Le gloubi-boulga des européennes

À la clôture du dépôt des listes, le 3 mai, le ministère de l’Intérieur en a recensé pas moins de 33.

Agathe Mercante  • 8 mai 2019 abonné·es
Le gloubi-boulga des européennes
© crédit photo : KENZO TRIBOUILLARD/AFP

Voici venu le temps des élections européennes. Après un automne, un hiver et un printemps marqués par les mobilisations des gilets jaunes, les marches pour le climat et le « grand débat » – qui n’avait de débat que le nom – l’heure est à la campagne et au vote. À la clôture du dépôt des listes, le 3 mai, le ministère de l’Intérieur en a recensé pas moins de 33. Deux listes estampillées gilets jaunes (l’Alliance jaune de Francis Lalanne, Évolution citoyenne de Christophe Chalençon), une du Mouvement pour l’initiative citoyenne, qui défend le RIC, une du Parti pirate, une autre prônant l’usage de l’espéranto ou encore une du Parti animaliste viennent ainsi s’ajouter aux très (trop ?) nombreuses candidatures déjà déclarées – les téléspectateurs du débat du 4 avril sur France 2, où 12 candidats tentaient d’expliquer leur programme dans la cacophonie générale, s’en souviennent.

Déjà en campagne, les listes principales captent la lumière… et les intentions de vote. Le Rassemblement national récolterait, selon les sondages, 23 % des voix, talonné par Renaissance, la liste menée par la macroniste Nathalie Loiseau, à 21,5 %, suivie par Les Républicains, à 15 %, Europe Écologie-Les Verts (9 %) et La France insoumise (8,5 %) (1). En dilettante, la liste Place publique-PS-Nouvelle Donne oscille autour des 5 % de voix nécessaires pour avoir des représentants au Parlement européen. Voilà pour les éligibles. Quelques candidats, pourtant crédités de peu, parviennent à se faire une place au soleil médiatique : Benoît Hamon (2,5 %) et le communiste Ian Brossat (3 %). La gauche, plus morcelée que jamais, présente des programmes comportant quelques similitudes, allant d’une critique unanime des traités libéraux à un meilleur accueil des migrants en passant par l’urgence écologique. À droite et à l’extrême droite, se croisent et s’entrecroisent les alliés d’antan : Florian Philippot (Les Patriotes), Jordan Bardella (RN) ou encore Nicolas Dupont-Aignan (Debout la France) font cavaliers seuls tandis que François-Xavier Bellamy (LR) tente d’incarner la droite traditionnelle qui avait séduit les électeurs de François Fillon (les magouilles en moins).
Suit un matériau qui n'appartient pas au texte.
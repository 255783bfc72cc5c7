// The cases of Robust (REFERENCE, section 8): network S, the network of zero costs, the network without
// arcs and the line of 200 nodes.
use super::cases;
use std::io;
use test_calls::answers::{Answer, left_open, refusal, settled};
use test_calls::rank_calls::{Request, Rooms};
use test_calls::robust_calls::{needed_route_rooms, note_robust, robust_agrees, robust_into};
use test_fixtures::report::{Call, Report};
use test_fixtures::slices::Pattern;

// Robust from 1 to 4, in a network of four nodes.
pub fn chosen(
    report: Report,
    image: &[u8],
    column: u32,
    wanted: u32,
    found: Answer,
    nodes: &[u16],
) -> Report {
    let request = Request {
        column,
        start: 1,
        goal: 4,
        wanted,
    };
    note_robust(report, image, 4, request, found, nodes)
}

// Robust refuses with 15 and writes nothing.
pub fn no_path(report: Report, image: &[u8], n: u32, column: u32, start: u32, goal: u32) -> Report {
    let request = Request {
        column,
        start,
        goal,
        wanted: 1,
    };
    let agrees = robust_agrees(
        image,
        request,
        needed_route_rooms(n, 1),
        refusal(15, 0),
        &[],
    );
    report.note(Call::Robust, agrees)
}

// K below, at and above the number of paths that the stopping rule needs: 2 in column 1, and 1 in
// column 2.
pub fn note_s(mut report: Report, image: &[u8]) -> Report {
    let first = settled(3, 3, 2, 2);
    report = chosen(report, image, 1, 1, left_open(4, 8, 2, 1, 2), &[1, 2, 3, 4]);
    report = chosen(report, image, 1, 2, first, &[1, 3, 4]);
    report = chosen(report, image, 1, 3, first, &[1, 3, 4]);
    report = chosen(report, image, 1, 48, first, &[1, 3, 4]);
    report = chosen(report, image, 1, 256, first, &[1, 3, 4]);
    let second = settled(3, 3, 1, 1);
    report = chosen(report, image, 2, 1, second, &[1, 2, 4]);
    report = chosen(report, image, 2, 2, second, &[1, 2, 4]);
    report = chosen(report, image, 2, 256, second, &[1, 2, 4]);
    report = no_path(report, image, 4, 1, 4, 1);
    no_path(report, image, 4, 1, 3, 2)
}

// The first ranked path is as good as any.
fn note_zero_costs(mut report: Report, image: &[u8]) -> Report {
    let found = settled(4, 0, 1, 1);
    report = chosen(report, image, 1, 1, found, &[1, 3, 2, 4]);
    chosen(report, image, 1, 5, found, &[1, 3, 2, 4])
}

// Robust on the line, whose one path is all nodes. K = 256 needs 58,776 numbers of work.
fn robust_line(image: &[u8], wanted: u32, lent: Rooms, nodes: &[u16]) -> bool {
    let mut path = [u16::PATTERN; 200];
    let mut work = [u32::PATTERN; 58776];
    let request = Request {
        column: 1,
        start: 1,
        goal: 200,
        wanted,
    };
    match (path.get_mut(..lent.rows), work.get_mut(..lent.work)) {
        (Some(path), Some(work)) => {
            robust_into(image, request, path, work, settled(200, 0, 1, 1), nodes)
        }
        _ => false,
    }
}

fn note_line(mut report: Report, image: &[u8], nodes: &[u16]) -> Report {
    for wanted in [1, 2, 256] {
        let agrees = robust_line(image, wanted, needed_route_rooms(200, wanted), nodes);
        report = report.note(Call::Robust, agrees);
    }
    report
}

pub fn run(rt: &impl Print) -> io::Result<()> {
    cases::print(
        rt,
        note_s,
        note_zero_costs,
        |report, image| no_path(report, image, 2, 1, 1, 2),
        note_line,
    )
}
Cette abondance de listes et de candidatures rappelle à qui voudrait l’oublier que la recomposition politique post-élection de Macron est loin d’être terminée. La supernova libérale, incarnée par la liste Renaissance, continue, deux ans après, d’agréger autour d’elle toutes les mouvances, des écologistes Pascal Canfin et Pascal Durand passés sous pavillon macronien à quelques brebis d’extrême droite tentées par le discours anti-immigration de Nathalie Loiseau (n’avait-elle pas fait le distinguo entre migrants et réfugiés ?) couplé à sa présence, il y a fort longtemps certes, sur la liste d’un syndicat d’extrême droite. Autant d’éléments qui rappellent qu’en France, pays peu joyeux des enfants à majorité malheureux, les monstres politiques et pas si gentils sont aussi de sortie.


(1) Sondage Euro-Rolling 2019 de l’Ifop, 7 mai 2019.